I would also point out to the member that, as I far as I understand it, the concept of enshrining the four fiscal and statistical institutions in federal legislation was considered by the AFN at its annual assembly in Halifax in 2001. There was good discussion and debate, but it did not garner the 60% of support required by the AFN charter. We are still a long way from having the first nations community as a whole on-board with the legislation.
I will not have time to go into all the specifics, but let me reference just a few of the major concerns. This is from documents from the chiefs in Ontario, with which I think the member may be familiar. It is indicated that the most disturbing strong-arm component of the amended Bill C-23 is directly linked to the management board. As the member knows, this component is found in clause 8 of the bill.
Communities that do not voluntarily join the Bill C-23 schedule are not permitted to pass bylaws or laws dealing with the critical area of financial administration. Non-believer communities are restricted to the narrow list of bylaw topics under subsection 81(1) of the Indian Act. The list does not include financial administration. That is one point. Another is that some of the most draconian measures in Bill C-23 are designed to prop up the credit worthiness of the authority, apparently at almost any cost.
I will quote from the document that was provided to the chiefs in Ontario where it states, “There is a gross surrender of sovereignty by first nations that get caught up in the scheme. A single missed payment can trigger the takeover of local financial affairs by the management board”.
Those are a couple of the major concerns. The most fundamental constitutional problem with Bill C-23, even as it has been amended by the schedule attachment, is its broadside attack on the inherent right of all first nations to self-government.
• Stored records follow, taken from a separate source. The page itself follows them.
/// A statement.
pub(super) fn statement(
    stack: &mut Vec<Symbol>,
    typed: bool,
    kind: &TokenKind,
) -> Result<Answer, AllocError>
    ensures { IfOk result
        (λ answer. Follows (choice.statement typed (kind_of kind.now)) answer
        (reverse stack.old.items) (reverse stack.new.items)) }
{
    match kind {
        TokenKind::Punct(Punct::Semicolon) => take(stack, &[Symbol::End(Production::Empty)]),
        TokenKind::Punct(Punct::LeftBrace) => take(
            stack,
            &[
                Symbol::Items,
                Symbol::RightBrace,
                Symbol::End(Production::Block),
            ],
        ),
        TokenKind::Keyword(Keyword::Break) => take(
            stack,
            &[Symbol::Semicolon, Symbol::End(Production::Break)],
        ),
        TokenKind::Keyword(Keyword::Continue) => take(
            stack,
            &[Symbol::Semicolon, Symbol::End(Production::Continue)],
        ),
        TokenKind::Keyword(Keyword::Return) => take(stack, &[Symbol::ReturnValue]),
        TokenKind::Keyword(Keyword::If) => take(
            stack,
            &[
                Symbol::LeftParenthesis,
                Symbol::Expression(false, Wanted::Level(0)),
                Symbol::RightParenthesis,
                Symbol::Statement,
                Symbol::Else,
            ],
        ),
        TokenKind::Keyword(Keyword::While) => take(
            stack,
            &[
                Symbol::LeftParenthesis,
                Symbol::Expression(false, Wanted::Level(0)),
                Symbol::RightParenthesis,
                Symbol::Statement,
                Symbol::End(Production::While),
            ],
        ),
        TokenKind::Keyword(Keyword::For) => take(
            stack,
            &[
                Symbol::LeftParenthesis,
                Symbol::ForStart,
                Symbol::ForTest,
                Symbol::ForStep,
                Symbol::Statement,
                Symbol::End(Production::For),
            ],
        ),
        TokenKind::Keyword(Keyword::Do) => take(
            stack,
            &[
                Symbol::Statement,
                Symbol::While,
                Symbol::LeftParenthesis,
                Symbol::Expression(false, Wanted::Level(0)),
                Symbol::RightParenthesis,
                Symbol::Semicolon,
                Symbol::End(Production::Do),
            ],
        ),
        TokenKind::Keyword(Keyword::Switch) => take(
            stack,
            &[
                Symbol::LeftParenthesis,
                Symbol::Expression(false, Wanted::Level(0)),
                Symbol::RightParenthesis,
                Symbol::LeftBrace,
                Symbol::Groups,
                Symbol::RightBrace,
                Symbol::End(Production::Switch),
            ],
        ),
        _ => simple_statement(stack, typed, kind),
    }
}

/// A simple statement and `;`.
fn simple_statement(
    stack: &mut Vec<Symbol>,
    typed: bool,
    kind: &TokenKind,
) -> Result<Answer, AllocError>
    ensures { IfOk result
        (λ answer.
        Follows (choice.and_then (choice.simple typed (kind_of kind.now))
        (Symbol.Semicolon ∷ choice.end Production.Simple ∷ [])) answer (reverse stack.old.items)
        (reverse stack.new.items)) }
{
    push_all(stack, &[Symbol::Semicolon, Symbol::End(Production::Simple)])?;
    let answer = simple(stack, typed, kind)?;
    Ok(answer)
}

/// What follows `return`.
pub(super) fn return_value(
    stack: &mut Vec<Symbol>,
    typed: bool,
    kind: &TokenKind,
) -> Result<Answer, AllocError>
    ensures { IfOk result
        (λ answer. Follows (choice.return_value typed (kind_of kind.now)) answer
        (reverse stack.old.items) (reverse stack.new.items)) }
{
    match kind {
        TokenKind::Punct(Punct::Semicolon) => take(stack, &[Symbol::End(Production::Return)]),
        _ => some_return_value(stack, typed, kind),
    }
}

/// A value and `;`.
fn some_return_value(
    stack: &mut Vec<Symbol>,
    typed: bool,
    kind: &TokenKind,
) -> Result<Answer, AllocError>
    ensures { IfOk result
        (λ answer.
        Follows (choice.and_then (choice.operand false Wanted.Right typed (kind_of kind.now))
        (Symbol.Semicolon ∷ choice.end Production.ReturnValue ∷ [])) answer
        (reverse stack.old.items) (reverse stack.new.items)) }
{
    push_all(
        stack,
        &[Symbol::Semicolon, Symbol::End(Production::ReturnValue)],
    )?;
    let answer = operand(stack, false, Wanted::Right, typed, kind)?;
    Ok(answer)
}

/// `else` and a statement, or nothing.
pub(super) fn else_part(stack: &mut Vec<Symbol>, kind: &TokenKind) -> Result<Answer, AllocError>
    ensures { IfOk result
        (λ answer. Follows (choice.else_part (kind_of kind.now)) answer (reverse stack.old.items)
        (reverse stack.new.items)) }
{
    match kind {
        TokenKind::Keyword(Keyword::Else) => take(
            stack,
            &[Symbol::Statement, Symbol::End(Production::IfElse)],
        ),
        _ => Ok(Answer::Passed),
    }
}

/// Locals and statements.
pub(super) fn items(
    stack: &mut Vec<Symbol>,
    typed: bool,
    kind: &TokenKind,
) -> Result<Answer, AllocError>
    ensures { IfOk result
        (λ answer. Follows (choice.items typed (kind_of kind.now)) answer (reverse stack.old.items)
        (reverse stack.new.items)) }
{
    if starts_type(typed, kind) {
        local_item(stack, typed, kind)
    } else {
        items_end(stack, typed, kind)
    }
}

/// A local, and further items.
fn local_item(stack: &mut Vec<Symbol>, typed: bool, kind: &TokenKind) -> Result<Answer, AllocError>
    ensures { IfOk result
        (λ answer.
        Follows (choice.and_then (choice.words false Seen.Nothing typed (kind_of kind.now))
        (choice.local_rest (Symbol.Items ∷ choice.end Production.LocalItem ∷ []))) answer
        (reverse stack.old.items) (reverse stack.new.items)) }
{
    push_all(
        stack,
        &[
            Symbol::Stars(false),
            Symbol::Identifier,
            Symbol::Dimensions(false),
            Symbol::End(Production::Declarator),
            Symbol::InitValue,
            Symbol::InitMore,
            Symbol::End(Production::Local),
            Symbol::Items,
            Symbol::End(Production::LocalItem),
        ],
    )?;
    let answer = words(stack, false, Seen::Nothing, typed, kind)?;
    Ok(answer)
}

/// A statement and further items, or the end of the items.
fn items_end(stack: &mut Vec<Symbol>, typed: bool, kind: &TokenKind) -> Result<Answer, AllocError>
    ensures { IfOk result
        (λ answer. Follows (choice.items_end typed (kind_of kind.now)) answer
        (reverse stack.old.items) (reverse stack.new.items)) }
{
    match kind {
        TokenKind::Punct(Punct::RightBrace)
        | TokenKind::Keyword(Keyword::Case)
        | TokenKind::Keyword(Keyword::Default) => Ok(Answer::Passed),
        _ => statement_item(stack, typed, kind),
    }
}

/// A statement, and further items.
fn statement_item(
    stack: &mut Vec<Symbol>,
    typed: bool,
    kind: &TokenKind,
) -> Result<Answer, AllocError>
    ensures { IfOk result
        (λ answer.
        Follows (choice.and_then (choice.statement typed (kind_of kind.now))
        (Symbol.Items ∷ choice.end Production.StatementItem ∷ [])) answer (reverse stack.old.items)
        (reverse stack.new.items)) }
{
    push_all(
        stack,
        &[Symbol::Items, Symbol::End(Production::StatementItem)],
    )?;
    let answer = statement(stack, typed, kind)?;
    Ok(answer)
}

/// `=` and the value of a local, or nothing.
pub(super) fn init_value(stack: &mut Vec<Symbol>, kind: &TokenKind) -> Result<Answer, AllocError>
    ensures { IfOk result
        (λ answer. Follows (choice.init_value (kind_of kind.now)) answer (reverse stack.old.items)
        (reverse stack.new.items)) }
{
    match kind {
        TokenKind::Punct(Punct::Equal) => take(
            stack,
            &[
                Symbol::Expression(false, Wanted::Right),
                Symbol::End(Production::Init),
            ],
        ),
        _ => Ok(Answer::Passed),
    }
}

/// `,` and further locals, or `;`.
pub(super) fn init_more(stack: &mut Vec<Symbol>, kind: &TokenKind) -> Result<Answer, AllocError>
    ensures { IfOk result
        (λ answer. Follows (choice.init_more (kind_of kind.now)) answer (reverse stack.old.items)
        (reverse stack.new.items)) }
{
    match kind {
        TokenKind::Punct(Punct::Comma) => take(
            stack,
            &[
                Symbol::Stars(false),
                Symbol::Identifier,
                Symbol::Dimensions(false),
                Symbol::End(Production::Declarator),
                Symbol::InitValue,
                Symbol::InitMore,
                Symbol::End(Production::MoreInits),
            ],
        ),
        TokenKind::Punct(Punct::Semicolon) => take(stack, &[Symbol::End(Production::LastInit)]),
        _ => Ok(Answer::Refused),
    }
}

/// The first part of the head of a `for`, and its `;`.
pub(super) fn for_start(
    stack: &mut Vec<Symbol>,
    typed: bool,
    kind: &TokenKind,
) -> Result<Answer, AllocError>
    ensures { IfOk result
        (λ answer. Follows (choice.for_start typed (kind_of kind.now)) answer
        (reverse stack.old.items) (reverse stack.new.items)) }
{
    if starts_type(typed, kind) {
        start_local(stack, typed, kind)
    } else {
        for_start_rest(stack, typed, kind)
    }
}

/// A local in the head of a `for`.
fn start_local(stack: &mut Vec<Symbol>, typed: bool, kind: &TokenKind) -> Result<Answer, AllocError>
    ensures { IfOk result
        (λ answer.
        Follows (choice.and_then (choice.words false Seen.Nothing typed (kind_of kind.now))
        (choice.local_rest (choice.end Production.StartLocal ∷ []))) answer
        (reverse stack.old.items) (reverse stack.new.items)) }
{
    push_all(
        stack,
        &[
            Symbol::Stars(false),
            Symbol::Identifier,
            Symbol::Dimensions(false),
            Symbol::End(Production::Declarator),
            Symbol::InitValue,
            Symbol::InitMore,
            Symbol::End(Production::Local),
            Symbol::End(Production::StartLocal),
        ],
    )?;
    let answer = words(stack, false, Seen::Nothing, typed, kind)?;
    Ok(answer)
}

/// A simple statement and `;`, or `;`.
fn for_start_rest(
    stack: &mut Vec<Symbol>,
    typed: bool,
    kind: &TokenKind,
) -> Result<Answer, AllocError>
    ensures { IfOk result
        (λ answer. Follows (choice.for_start_rest typed (kind_of kind.now)) answer
        (reverse stack.old.items) (reverse stack.new.items)) }
{
    match kind {
        TokenKind::Punct(Punct::Semicolon) => take(stack, &[Symbol::End(Production::NoStart)]),
        _ => start_simple(stack, typed, kind),
    }
}
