//! Laws of facts along programs, as contracts of functions that do nothing.

ghost use Rattle.std.specs.Prelude.{ℕ, List, Option};
ghost use Rattle.correspondence.specs.Outcome.{Done};
ghost use Rattle.c_values.specs.Name.{Name};
ghost use Rattle.c_values.specs.Choice.{Choice};
ghost use Rattle.expression_lang.specs.Evaluation.{Env, State};
ghost use Rattle.expression_lang.specs.Signature.{bound};
ghost use Rattle.ac_expr.specs.Fact.{Fact, AllSay};
ghost use Rattle.monad_lang.specs.Program.{Mon, FinalUnit};
ghost use Rattle.monad_lang.specs.Run.{Answer, runs, functions_below};
ghost use Rattle.program_facts.specs.Flow.{facts_after};

/// The facts that are kept after a program hold wherever a run of it is done, with its values bound
/// to their names, if the facts before it held where it began.
pub fn facts_hold_after()
    ensures { (u : FinalUnit) (p : Choice) (n : ℕ) (m : Mon) (xs : List Name) (fs : List Fact)
        (env : Env) (depth : Option ℕ) (s : State) → AllSay u.layout env s fs →
        (a : Answer) → runs u.layout p m env depth (functions_below u p n) s (Done a) →
        AllSay u.layout (bound xs a.values env) a.state (facts_after m xs fs) }
{}
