//! Laws of what runs keep, as contracts of functions that do nothing.

ghost use Rattle.std.specs.Prelude.{◌≡◌, ℕ, true, List, Option, Some};
ghost use Rattle.correspondence.specs.Always.{Always};
ghost use Rattle.c_values.specs.Name.{Name};
ghost use Rattle.c_values.specs.Choice.{Choice};
ghost use Rattle.c_values.specs.Layout.{IsLayout};
ghost use Rattle.expression_lang.specs.Sort.{Kind, Scalar, sort_of_kind};
ghost use Rattle.expression_lang.specs.Evaluation.{Env, State};
ghost use Rattle.expression_lang.specs.Signature.{Invocation};
ghost use Rattle.expression_lang.specs.States.{IsEnvironment, IsState};
ghost use Rattle.monad_lang.specs.Program.{Mon, FinalUnit};
ghost use Rattle.monad_lang.specs.Run.{runs, functions_below, program_runs};
ghost use Rattle.monad_lang.specs.Sorted.{scalars_given, IsWellFormed};
ghost use Rattle.program_facts.specs.Lasting.{KeepsTags, Lasts, UnitLasts, setting_in, are_sorted_for};

/// A run leaves the tags as they were: whatever a function is called with, and from every
/// environment and state.
pub fn runs_keep_tags()
    ensures calls { (u : FinalUnit) (p : Choice) (n : ℕ) (depth : Option ℕ) (c : Invocation) →
        Always (KeepsTags c.state) (program_runs u p n depth c) }
    ensures programs { (u : FinalUnit) (p : Choice) (n : ℕ) (depth : Option ℕ) (m : Mon)
        (env : Env) (s : State) →
        Always (KeepsTags s) (runs u.layout p m env depth (functions_below u p n) s) }
{}

/// The functions of a unit whose programs are well-sorted give values of their results' sorts and
/// leave states that can be: of a well-formed unit, and at any sorts for the kinds. So do
/// well-sorted programs that call them.
pub fn sorted_units_last()
    ensures formed { (u : FinalUnit) → IsWellFormed u → UnitLasts sort_of_kind u }
    ensures sorted { (sort_for : Kind → Scalar) (u : FinalUnit) → IsLayout u.layout →
        are_sorted_for sort_for u u.functions ≡ true → UnitLasts sort_for u }
    ensures programs { (sort_for : Kind → Scalar) (u : FinalUnit) → IsLayout u.layout →
        are_sorted_for sort_for u u.functions ≡ true →
        (p : Choice) (n : ℕ) (names : Name → Option Scalar) (m : Mon) (cs : List Scalar) →
        scalars_given (setting_in sort_for u names) m ≡ Some cs →
        (env : Env) → IsEnvironment (setting_in sort_for u names).scope env →
        (depth : Option ℕ) (s : State) → IsState u.layout u.globals s →
        Always (Lasts u.layout u.globals cs s)
        (runs u.layout p m env depth (functions_below u p n) s) }
{}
I come back to the first point I made which is when we try to correct historical wrongs or address our failures of the past, we must do so with full cooperation and partnership of the first nations community. If there is any sense to the inherent right of self-government being bypassed, if there is any refusal to deal nation to nation with first nations, then we will have failed and only made the situation more difficult than it already is.
I truly hope that the member for Yukon, who is genuine in his pursuit of justice in this regard, listens to those in his house who have made strong appeals, and they are not just dumping all over the bill, to hold off and get it back to committee in the new Parliament. That is the message of the member for Lac-Saint-Louis. He has said that we should give it more thoughtful consideration, that we should involve the first nations in a true dialogue and come up with a financial statistical management package that is truly reflective of the needs of everyone in our country today.